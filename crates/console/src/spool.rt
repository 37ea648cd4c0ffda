// A file that can be read once only, such as a pipe, copied into a temporary one that nobody else sees.
ghost use Rattle.std.specs.Prelude.{◌≡◌, length};

use crate::input::{EILSEQ, Input};
use crate::opened::Opened;
use crate::say::Command;
use crate::status::NotDone;
use crate::{input, say};
use buffers::text::lowercase_digit;
use std::fs::{File, OpenOptions};
use std::io::{Error, ErrorKind, Write};
use std::os::unix::fs::OpenOptionsExt;
use std::random::RandomSource;
use std::rt::Files;
use std::{fs, io};

// The system's number for an error: the name is taken.
const EEXIST: i32 = 17;

// So many names are tried.
const MOST_NAMES: u64 = 1000;

// Who may read and write the temporary file: its owner alone.
const OWNER_ONLY: u32 = 0o600;

// So many bytes are copied at once.
const PIECE: usize = 65536;

fn say_unspooled(command: Command, error: Error) -> NotDone {
    say::failed(command, b"cannot write a temporary file in /tmp", error)
}

// A name for the temporary file. (What is promised is its length, for it to be lent.)
fn name_of(random: [u8; 6]) -> [u8; 22]
    ensures { 22 ≡ length result }
{
    let mut name = *b"/tmp/loopcinder.XXXXXX";
    for (sign, byte) in name[16..].iter_mut().zip(random) {
        *sign = lowercase_digit(byte / 16);
    }
    name
}

// Makes a file that nobody else can open by its name for long, since the name goes at once.
fn make_named(rt: &impl Files<File = File>, name: &str) -> io::Result<File> {
    let mut options = OpenOptions::new();
    options
        .read(true)
        .write(true)
        .create_new(true)
        .mode(OWNER_ONLY);
    let file = options.open(rt, name)?;
    let _ = fs::remove_file(rt, name);
    Ok(file)
}

// Makes the file under a name of chance.
fn try_name(rt: &(impl Files<File = File> + RandomSource)) -> io::Result<File> {
    let mut random = [0u8; 6];
    rt.fill_bytes(&mut random)?;
    let name = name_of(random);
    match std::str::from_utf8(&name) {
        Ok(name) => make_named(rt, name),
        Err(_) => Err(Error::from_raw_os_error(EILSEQ)),
    }
}

// Makes the temporary file; it goes when it is closed.
fn make(rt: &(impl Files<File = File> + RandomSource), command: Command) -> Result<File, NotDone> {
    for _ in 0..MOST_NAMES {
        match try_name(rt) {
            Ok(file) => return Ok(file),
            Err(error) if error.kind() == ErrorKind::AlreadyExists => {}
            Err(error) => return Err(say_unspooled(command, error)),
        }
    }
    Err(say_unspooled(command, Error::from_raw_os_error(EEXIST)))
}

// Copies to the end; no file has as many pieces as there are turns.
fn copy_all(from: Input<'_>, to: &File, buffer: &mut [u8]) -> Result<(), NotDone> {
    let mut to = to;
    for _ in 0..u64::MAX {
        let count = input::read(from, buffer)?;
        if count == 0 {
            break;
        }
        to.write_all(&buffer[..count])
            .map_err(|error| say_unspooled(from.command, error))?;
    }
    Ok(())
}

// The copy, at its start; says so where it cannot be made.
pub fn copy(
    rt: &(impl Files<File = File> + RandomSource),
    from: Input<'_>,
) -> Result<Opened, NotDone> {
    let to = make(rt, from.command)?;
    let mut buffer = [0u8; PIECE];
    copy_all(from, &to, &mut buffer)?;
    let copy = Opened::File(to);
    copy.go_to(0)
        .map_err(|error| say_unspooled(from.command, error))?;
    Ok(copy)
}
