// The words that the program was called with. A word is taken as its bytes, since names of files need not be text.
ghost use Rattle.std.specs.Prelude.{◌≤◌, length, IfOk};

use std::env::FillError;
use std::io::{Error, Result};
use std::rt::Env;

// The system's numbers for errors: there is no such word, and it is too long.
const EINVAL: i32 = 22;

const ENAMETOOLONG: i32 = 36;

// So many words are counted; no program takes as many.
const MOST_WORDS: usize = 8;

// A word, put at the start of the buffer.
pub fn word<'a>(rt: &impl Env, number: usize, buffer: &'a mut [u8]) -> Result<&'a [u8]>
    ensures { IfOk result (λ word. length word.now ≤ length buffer.old) }
{
    match rt.arg(number, buffer) {
        Ok(length) => Ok(&buffer[..length]),
        Err(FillError::NotPresent) => Err(Error::from_raw_os_error(EINVAL)),
        Err(FillError::TooLong) => Err(Error::from_raw_os_error(ENAMETOOLONG)),
    }
}

// The same; a word that is missing or too long is taken as an empty one.
pub fn word_or_empty<'a>(rt: &impl Env, number: usize, buffer: &'a mut [u8]) -> &'a [u8]
    ensures { length result.now ≤ length buffer.old }
{
    word(rt, number, buffer).unwrap_or(b"")
}

fn is_there(rt: &impl Env, number: usize) -> bool {
    let mut first = [0u8; 1];
    !matches!(rt.arg(number, &mut first), Err(FillError::NotPresent))
}

// How many words there are, the program's own name among them.
pub fn count(rt: &impl Env) -> usize {
    (0..MOST_WORDS)
        .take_while(|number| is_there(rt, *number))
        .count()
}
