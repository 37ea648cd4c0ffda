// What a program says: words on standard error, after the command that was typed; refusals on standard output.
ghost use Rattle.std.specs.Prelude.{◌≡◌};

use crate::reason::Reason;
use crate::shown;
use crate::status::NotDone;
use refusals::Refusal;
use std::fmt;
use std::fmt::Display;
use std::io::{Error, ErrorKind, Print, Write};

// The descriptor of standard error.
pub const STDERR_FILENO: i32 = 2;

// Standard error, by its number: std's handle for it would travel through every function that may fail. What cannot be
// said there is let go.
#[derive(Clone, Copy)]
pub(crate) struct Stderr;

impl Write for Stderr {
    fn write(&mut self, bytes: &[u8]) -> std::io::Result<usize> {
        io::write_all(STDERR_FILENO, bytes);
        Ok(bytes.len())
    }

    fn flush(&mut self) -> std::io::Result<()> {
        Ok(())
    }
}

// The command that was typed.
#[derive(Clone, Copy, PartialEq, Eq)]
pub enum Command {
    Run,
    Trace,
    Text,
    Play,
    Show,
    Check,
    Start,
}

impl Display for Command {
    fn fmt<W: fmt::Write>(&self, f: &mut fmt::Formatter<W>) -> fmt::Result {
        f.write_str(match self {
            Command::Run => "run",
            Command::Trace => "trace",
            Command::Text => "text",
            Command::Play => "play",
            Command::Show => "show",
            Command::Check => "check",
            Command::Start => "start",
        })
    }
}

// Words after the command; a line is not ended.
pub fn words(command: Command, text: &[u8]) {
    let _ = write!(Stderr, "loopcinder {command}: ");
    let _ = Stderr.write_all(text);
}

// The same of words that are put together.
pub fn formatted<D: Display + Drop>(command: Command, words: D) {
    let _ = write!(Stderr, "loopcinder {command}: {words}");
}

// A line that says how the program is run, with its end.
pub fn usage(line: &str) -> NotDone
    ensures { result ≡ NotDone.Failed }
{
    let _ = Stderr.write_all(line.as_bytes());
    NotDone::Failed
}

// What failed, and why, as the system says it.
pub fn failed(command: Command, what: &[u8], error: Error) -> NotDone
    ensures { result ≡ NotDone.Failed }
{
    words(command, what);
    let _ = writeln!(Stderr, ": {}", Reason(error));
    NotDone::Failed
}

// What failed with a file, and why, as the system says it.
pub fn file_failed(command: Command, what: &[u8], path: &[u8], error: Error) -> NotDone
    ensures { result ≡ NotDone.Failed }
{
    words(command, what);
    shown::name(path);
    let _ = writeln!(Stderr, ": {}", Reason(error));
    NotDone::Failed
}

// Standard output cannot be written: says what failed, and why; nothing where nobody reads it any more.
pub fn unwritten(command: Command, what: &[u8], error: Error) -> NotDone {
    if error.kind() == ErrorKind::BrokenPipe {
        return NotDone::Unread;
    }
    failed(command, what, error)
}

// Prints a refusal's number.
pub fn refusal(rt: &impl Print, number: u64) -> std::io::Result<()> {
    rt.write_all(b"! ")?;
    rt.print(number)?;
    rt.write_all(b"\n")
}

// Prints a refusal's number after that of its line.
pub fn refusal_at(rt: &impl Print, line: u64, number: u64) -> std::io::Result<()> {
    rt.print(line)?;
    rt.write_all(b" ")?;
    refusal(rt, number)
}

// Standard output takes no more of an answer: says so.
pub(crate) fn output_unwritten(command: Command, error: Error) -> NotDone {
    unwritten(command, b"cannot write the output", error)
}

// Prints the number of the reason; says so where it cannot.
pub fn refused<E: Refusal>(rt: &impl Print, command: Command, reason: E) -> Result<(), NotDone> {
    refusal(rt, reason.number().into()).map_err(|error| output_unwritten(command, error))
}

// Prints the number of the reason after that of its line; says so where it cannot.
pub fn refused_at<E: Refusal>(
    rt: &impl Print,
    command: Command,
    line: u64,
    reason: E,
) -> Result<(), NotDone> {
    refusal_at(rt, line, reason.number().into()).map_err(|error| output_unwritten(command, error))
}
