// How a program ended. It writes this to descriptor 3, where the front door reads it. A program that was killed or is
// damaged writes none, so nothing but this passes for success.
use std::process::ExitCode;

const STATUS_FILENO: i32 = 3;

// What a program ends with that writes where nobody reads: that of one which the system's signal for it ended.
const NOBODY_READS: u8 = 141;

// Why a program did not do its work, which it has said: the input was refused; the call was wrong or the surroundings
// failed; or nobody reads the output any more.
#[derive(Clone, Copy, PartialEq, Eq)]
pub enum NotDone {
    Refused,
    Failed,
    Unread,
}

// The program's last act, when every file that it opened is closed; what it ends with.
pub fn tell(ended: Result<(), NotDone>) -> ExitCode {
    let sign = match ended {
        Ok(()) => b"0",
        Err(NotDone::Refused) => b"1",
        Err(NotDone::Failed) => b"2",
        Err(NotDone::Unread) => return ExitCode::from(NOBODY_READS),
    };
    io::write_all(STATUS_FILENO, sign);
    ExitCode::SUCCESS
}
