// Functions of `ecc`, `crc`, `packing`, `unpacking`, `csi2` and `reader` for programs in C and Rust. An answer that may
// be a refusal is one number (specs/Numbers.antt). A slice is passed as its address and its length: the caller answers
// for both, and that no other slice overlaps a `&mut` one.
#![tactic(auto)]

ghost use Rattle.std.specs.Prelude.{◌≡◌, length};
ghost use Rattle.laws.specs.Reply.{on_reply};
ghost use Rattle.formats.specs.declared.Format.TheVariants.{Raw10, Raw12};
ghost use Rattle.ecc.specs.CheckBytes.{check_byte};
ghost use Rattle.ecc.specs.HeaderCorrection.{correction_of};
ghost use Rattle.crc.specs.Checksum.{crc_from, crc_of};
ghost use Rattle.packing.specs.Packing.{pack_reply};
ghost use Rattle.unpacking.specs.Unpacking.{unpack_reply};
ghost use Rattle.csi2.specs.Writers.{pixel_line_reply};
ghost use Rattle.reader.specs.Reader.{read_packet, payload_read};
ghost use Rattle.exports.specs.Numbers.{reply_number, WritesNumber, correction_number, packet_number};

use csi2::long;
use formats::Format;

mod numbers;

// The check byte of a header whose three first bytes are `word`, the identifier lowest.
#[unsafe(no_mangle)]
pub extern "C" fn loopcinder_check_byte(word: u32) -> u8
    ensures { result ≡ check_byte word }
{
    ecc::check_byte(word)
}

// What a header is read as, its four bytes as one number, the identifier lowest; and which bit was wrong.
#[unsafe(no_mangle)]
pub extern "C" fn loopcinder_correct_header(header: u32) -> u64
    ensures { result ≡ reply_number (on_reply correction_number (correction_of header)) }
{
    numbers::of_correction(ecc::correct_header(header))
}

// The checksum of a payload.
#[unsafe(no_mangle)]
pub extern "C" fn loopcinder_checksum(payload: &[u8]) -> u16
    ensures { result ≡ crc_of payload.now }
{
    crc::checksum(payload)
}

// The running checksum `crc` after the next bytes.
#[unsafe(no_mangle)]
pub extern "C" fn loopcinder_feed(crc: u16, bytes: &[u8]) -> u16
    ensures { result ≡ crc_from crc bytes.now }
{
    crc::feed(crc, bytes)
}

// Packs a pixel line from the place; or refuses it and writes nothing.
fn pack_as(format: Format, pixels: &[u16], buf: &mut [u8], place: usize) -> u64
    ensures { WritesNumber buf.old place
        (pack_reply format pixels.now (length buf.old) place) result buf.new }
{
    numbers::of_count(packing::pack_pixels(format, pixels, buf, place))
}

// Packs a pixel line of RAW10 from the place; or refuses it and writes nothing. How many bytes were packed.
#[unsafe(no_mangle)]
pub extern "C" fn loopcinder_pack_raw10(pixels: &[u16], buf: &mut [u8], place: usize) -> u64
    ensures { WritesNumber buf.old place
        (pack_reply Raw10 pixels.now (length buf.old) place) result buf.new }
{
    pack_as(Format::Raw10, pixels, buf, place)
}

// The same for a pixel line of RAW12. (Two functions, since C has these names.)
#[unsafe(no_mangle)]
pub extern "C" fn loopcinder_pack_raw12(pixels: &[u16], buf: &mut [u8], place: usize) -> u64
    ensures { WritesNumber buf.old place
        (pack_reply Raw12 pixels.now (length buf.old) place) result buf.new }
{
    pack_as(Format::Raw12, pixels, buf, place)
}

// Unpacks a payload whose pixels have `bits` bits, to the start of `pixels`; or refuses it and writes nothing. How many
// pixels were unpacked.
#[unsafe(no_mangle)]
pub extern "C" fn loopcinder_unpack(bits: u8, payload: &[u8], pixels: &mut [u16]) -> u64
    ensures { WritesNumber pixels.old 0
        (unpack_reply bits payload.now (length pixels.old)) result pixels.new }
{
    numbers::of_count(unpacking::unpack_pixels(bits, payload, pixels))
}

// Writes a pixel line as a long packet from the place; or refuses it and writes nothing.
fn write_as(format: Format, pixels: &[u16], identifier: u8, buf: &mut [u8], place: usize) -> u64
    ensures { WritesNumber buf.old place
        (pixel_line_reply format pixels.now identifier (length buf.old) place)
        result buf.new }
{
    numbers::of_count(long::write_pixel_line(format, pixels, identifier, buf, place))
}

// Writes a pixel line of RAW10 as a long packet from the place; or refuses it and writes nothing. How many bytes were
// written.
#[unsafe(no_mangle)]
pub extern "C" fn loopcinder_write_raw10_line(
    pixels: &[u16],
    identifier: u8,
    buf: &mut [u8],
    place: usize,
) -> u64
    ensures { WritesNumber buf.old place
        (pixel_line_reply Raw10 pixels.now identifier (length buf.old) place)
        result buf.new }
{
    write_as(Format::Raw10, pixels, identifier, buf, place)
}

// The same for a pixel line of RAW12. (Two functions, since C has these names.)
#[unsafe(no_mangle)]
pub extern "C" fn loopcinder_write_raw12_line(
    pixels: &[u16],
    identifier: u8,
    buf: &mut [u8],
    place: usize,
) -> u64
    ensures { WritesNumber buf.old place
        (pixel_line_reply Raw12 pixels.now identifier (length buf.old) place)
        result buf.new }
{
    write_as(Format::Raw12, pixels, identifier, buf, place)
}

// Reads the packet at the start of the bytes.
#[unsafe(no_mangle)]
pub extern "C" fn loopcinder_read_packet(bytes: &[u8]) -> u64
    ensures { result ≡ reply_number (on_reply packet_number (read_packet bytes.now)) }
{
    numbers::of_packet(reader::read_packet(bytes))
}

// How many bytes the payload of the packet at the start of the bytes has: they stand after its header's four; 0 on
// refusal.
#[unsafe(no_mangle)]
pub extern "C" fn loopcinder_payload_length(bytes: &[u8]) -> usize
    ensures { result ≡ length (payload_read bytes.now) }
{
    reader::payload(bytes).len()
}
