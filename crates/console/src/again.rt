// A file that is read more than once: as it is, where it has a place to go back to; standard input opened again, where
// it is a file; or a copy.
use crate::input::Input;
use crate::opened::{ESPIPE, Opened};
use crate::say::Command;
use crate::status::NotDone;
use crate::{input, spool};
use std::fs::{File, OpenOptions};
use std::io::{Error, ErrorKind};
use std::random::RandomSource;
use std::rt::Files;
use std::{fs, io};

// Where the system has standard input as a file with a name, and where it tells its place.
const STDIN_NAME: &str = "/proc/self/fd/0";

const STDIN_PLACE: &str = "/proc/self/fdinfo/0";

// The open file, and the place of its first byte that counts.
#[derive(Drop)]
pub struct Again {
    pub file: Opened,
    pub start: u64,
}

// The place in a text whose first line is such as pos: 12. One that is no such number is taken as 0: in the memory of a
// process it can be negative.
fn place_in(text: &[u8]) -> Option<u64> {
    let text = std::str::from_utf8(text).ok()?;
    let line = text.lines().next()?;
    Some(line.strip_prefix("pos:")?.trim().parse().unwrap_or(0))
}

// The place of standard input's next byte.
fn stdin_place(rt: &impl Files<File = File>) -> io::Result<u64> {
    let told = Opened::File(OpenOptions::new().read(true).open(rt, STDIN_PLACE)?);
    let mut buffer = [0u8; 64];
    let count = told.read(&mut buffer)?;
    place_in(&buffer[..count]).ok_or(Error::from_raw_os_error(ESPIPE))
}

// Standard input opened a second time, at its place; an error where it is no file.
fn open_stdin(rt: &impl Files<File = File>) -> io::Result<Again> {
    if !fs::metadata(rt, STDIN_NAME)?.is_file() {
        return Err(Error::from_raw_os_error(ESPIPE));
    }
    let place = stdin_place(rt)?;
    let file = Opened::File(OpenOptions::new().read(true).open(rt, STDIN_NAME)?);
    let start = file.go_to(place)?;
    Ok(Again { file, start })
}

// What can be read only as it comes: standard input opened again where it can be, else a copy.
fn of_stream(
    rt: &(impl Files<File = File> + RandomSource),
    from: Input<'_>,
) -> Result<Again, NotDone> {
    if let Opened::Stdin(_) = from.opened {
        let mut nothing = [0u8; 0];
        input::read(from, &mut nothing)?;
        if let Ok(again) = open_stdin(rt) {
            return Ok(again);
        }
    }
    let file = spool::copy(rt, from)?;
    Ok(Again { file, start: 0 })
}

// The open file, to be read again from its place on; says so where it cannot be.
pub fn make(
    rt: &(impl Files<File = File> + RandomSource),
    command: Command,
    file: Opened,
    path: &[u8],
) -> Result<Again, NotDone> {
    match file.place() {
        Ok(start) => Ok(Again { file, start }),
        Err(error) if error.kind() == ErrorKind::NotSeekable => {
            let opened = &file;
            of_stream(
                rt,
                Input {
                    command,
                    opened,
                    path,
                },
            )
        }
        Err(error) => Err(input::say_unread(command, path, error)),
    }
}
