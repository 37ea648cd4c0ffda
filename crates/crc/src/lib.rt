// The checksum (CRC) of a CSI-2 payload, sixteen bytes a step, and 256 where it is long. It needs no table: the
// polynomial has four terms, so many shifts of the register at once are a few shifts and sums of whole words. (A
// constant array that is read at places which the compiler cannot tell is stored anew by each call.)
#![tactic(auto)]

ghost use Rattle.std.specs.Prelude.{◌≡◌, ℕ, ◌+◌, ◌≤◌, ◌<◌, length, take, drop};
ghost use Rattle.crc.specs.Checksum.{crc_from, crc_of};
ghost use Rattle.crc.specs.WideRegister.{shifts, Holds, after_word, after_window, after_words, StandFor, SumOfFirst};

// Four words that stand for the bytes so far: the register after those bytes is the one after these words, from 0.
#[derive(Clone, Copy)]
struct Window {
    first: u64,
    second: u64,
    third: u64,
    fourth: u64,
}

// A window that stands for the bytes before `at`.
#[derive(Clone, Copy)]
struct Opened {
    window: Window,
    at: usize,
}

// The running checksum of the bytes before `at`.
#[derive(Clone, Copy)]
struct Progress {
    sum: u16,
    at: usize,
}

// What 64 shifts make of a register of 64 bits. The polynomial, low bit first, is 1 + s, with bits 4, 11 and 16 in s.
// The first four lines divide by it: times 1 + s, 1 + s^2, 1 + s^4 and 1 + s^8. The last is what the quotient times s
// has above 64 bits.
fn shifted(register: u64) -> u16
    ensures { result ≡ shifts 64 register }
{
    let a = register ^ (register << 4) ^ (register << 11) ^ (register << 16);
    let b = a ^ (a << 8) ^ (a << 22) ^ (a << 32);
    let c = b ^ (b << 16) ^ (b << 44);
    let quotient = c ^ (c << 32);
    (((quotient >> 60) ^ (quotient >> 53) ^ (quotient >> 48)) % 65536) as u16
}

// The register after a word.
fn after_word(register: u16, x: u64) -> u16
    ensures { result ≡ after_word register x }
{
    shifted((register as u64) ^ x)
}

// The n bytes from `at` on as a number, low byte first.
fn word(bytes: &[u8], at: usize, n: usize) -> u64
    requires { (at + n ≤ length bytes.now) × (n ≤ 8) }
    ensures { Holds bytes.now at n result }
{
    let mut x: u64 = 0;
    for i in (0..n).rev() {
        x = (x << 8) ^ (bytes[at + i] as u64);
    }
    x
}

// The eight bytes from `at` on as a number, low byte first: so written, LLVM reads many such words at once.
fn wide_word(bytes: &[u8], at: usize) -> u64
    requires { at + 8 ≤ length bytes.now }
    ensures { Holds bytes.now at 8 result }
{
    let mut x: u64 = 0;
    for i in 0..8 {
        x ^= (bytes[at + i] as u64) << (8 * i);
    }
    x
}

// The window after one word more: the polynomial to the power 16 has bits 0, 64, 176 and 256, so the first word leaves
// the window where it is added again 64, 176 and 256 bits later.
fn slide(window: Window, next: u64) -> Window
    ensures { after_window result ≡ after_word (after_window window) next }
{
    Window {
        first: window.second ^ window.first,
        second: window.third ^ (window.first << 48),
        third: window.fourth ^ (window.first >> 16),
        fourth: next ^ window.first,
    }
}

// The register that a window stands for.
fn settle(window: Window) -> u16
    ensures { result ≡ after_window window }
{
    let one = shifted(window.first);
    let two = after_word(one, window.second);
    let three = after_word(two, window.third);
    after_word(three, window.fourth)
}

// A wide window of the first 256 bytes: 32 words that stand for the bytes so far, and room for 32 more.
fn wide_window(crc: u16, bytes: &[u8]) -> [u64; 64]
    requires { 256 ≤ length bytes.now }
    ensures { StandFor crc bytes.now 256 result }
{
    let mut window = [0u64; 64];
    for i in 0..32 {
        window[i] = wide_word(bytes, 8 * i);
    }
    window[0] ^= crc as u64;
    window
}

// The 256 bytes from `at` on are put after a wide window, whose words leave it one by one: the polynomial to the power
// 128 has bits 0, 512, 1408 and 2048, so a word may leave where it is added again 8, 22 and 32 words later. Sums alone:
// LLVM makes vectors of them.
fn slide_wide(window: &mut [u64], bytes: &[u8], at: usize)
    requires { (length window.old ≡ 64) × (at + 256 ≤ length bytes.now) }
    ensures { (crc : ℕ) → StandFor crc bytes.now at window.old
        → StandFor crc bytes.now (at + 256) (drop 32 window.new) }
{
    for i in 0..32 {
        window[i + 32] = wide_word(bytes, at + 8 * i);
        let leaving = window[i];
        window[i + 8] ^= leaving;
        window[i + 22] ^= leaving;
        window[i + 32] ^= leaving;
    }
}

// The upper half becomes the lower half, where a wide window starts.
fn move_down(window: &mut [u64])
    requires { length window.old ≡ 64 }
    ensures { take 32 window.new ≡ take 32 (drop 32 window.old) }
{
    window.copy_within(32..64, 0);
}

// Four words that stand for what a wide window does.
fn narrow(window: &[u64]) -> Window
    requires { length window.now ≡ 64 }
    ensures { after_window result ≡ after_words 0 (take 32 window.now) }
{
    let mut short = Window {
        first: window[0],
        second: window[1],
        third: window[2],
        fourth: window[3],
    };
    for i in 4..32 {
        short = slide(short, window[i]);
    }
    short
}

// A window of the first bytes of a long payload: as many times 256 as there are.
fn open_wide(crc: u16, bytes: &[u8]) -> Opened
    requires { 256 ≤ length bytes.now }
    ensures { SumOfFirst crc bytes.now result.at (after_window result.window) }
{
    let mut window = wide_window(crc, bytes);
    // A `while`, since the place where it ends is answered; a `for` would work it out once more.
    let mut i = 256;
    while 256 <= bytes.len() - i {
        slide_wide(&mut window, bytes, i);
        move_down(&mut window);
        i += 256;
    }
    Opened {
        window: narrow(&window),
        at: i,
    }
}

// A window of the first bytes: below 1,024 of them a wide window would cost more than it saves.
fn open(crc: u16, bytes: &[u8]) -> Opened
    requires { 32 ≤ length bytes.now }
    ensures { SumOfFirst crc bytes.now result.at (after_window result.window) }
{
    if 1024 <= bytes.len() {
        return open_wide(crc, bytes);
    }
    let window = Window {
        first: (crc as u64) ^ word(bytes, 0, 8),
        second: word(bytes, 8, 8),
        third: word(bytes, 16, 8),
        fourth: word(bytes, 24, 8),
    };
    Opened { window, at: 32 }
}

// The running checksum `crc` after as many of the next bytes as a window and sixteens hold; after none where there are
// fewer than 32.
fn feed_blocks(crc: u16, bytes: &[u8]) -> Progress
    ensures { SumOfFirst crc bytes.now result.at result.sum }
{
    if bytes.len() < 32 {
        return Progress { sum: crc, at: 0 };
    }
    let opened = open(crc, bytes);
    let mut window = opened.window;
    // A `while`, since the place where it ends is answered; a `for` would work it out once more.
    let mut i = opened.at;
    while 16 <= bytes.len() - i {
        let low = word(bytes, i, 8);
        let high = word(bytes, i + 8, 8);
        window = slide(slide(window, low), high);
        i += 16;
    }
    Progress {
        sum: settle(window),
        at: i,
    }
}

// The running checksum `crc` after the next bytes, fewer than eight, which are moved by the top bits of a word.
fn feed_rest(crc: u16, bytes: &[u8]) -> u16
    requires { length bytes.now < 8 }
    ensures { result ≡ crc_from crc bytes.now }
{
    let n = bytes.len();
    if n == 0 {
        return crc;
    }
    let x = (crc as u64) ^ word(bytes, 0, n);
    shifted(x << (64 - 8 * n)) ^ (((crc as u64) >> (8 * n)) as u16)
}

// The running checksum `crc` after the next bytes, eight a step.
fn feed_words(crc: u16, bytes: &[u8]) -> u16
    ensures { result ≡ crc_from crc bytes.now }
{
    let mut sum = crc;
    // A `while`, since the rest begins where it ends; a `for` would work that place out once more.
    let mut i = 0;
    while 8 <= bytes.len() - i {
        sum = after_word(sum, word(bytes, i, 8));
        i += 8;
    }
    feed_rest(sum, &bytes[i..])
}

// The running checksum `crc` after the next bytes.
pub fn feed(crc: u16, bytes: &[u8]) -> u16
    ensures { result ≡ crc_from crc bytes.now }
{
    let done = feed_blocks(crc, bytes);
    let at = done.at;
    feed_words(done.sum, &bytes[at..])
}

// The checksum of a payload.
pub fn checksum(payload: &[u8]) -> u16
    ensures { result ≡ crc_of payload.now }
{
    feed(0xFFFF, payload)
}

ACTIVITY:
What you return must be an exact retyping of the lines above starting at the line with "eight a step." and ending at the line with "let mut sum = crc;", and nothing besides.

EXERCISE RESULT:
// The running checksum `crc` after the next bytes, eight a step.
fn feed_words(crc: u16, bytes: &[u8]) -> u16
    ensures { result ≡ crc_from crc bytes.now }
{
    let mut sum = crc;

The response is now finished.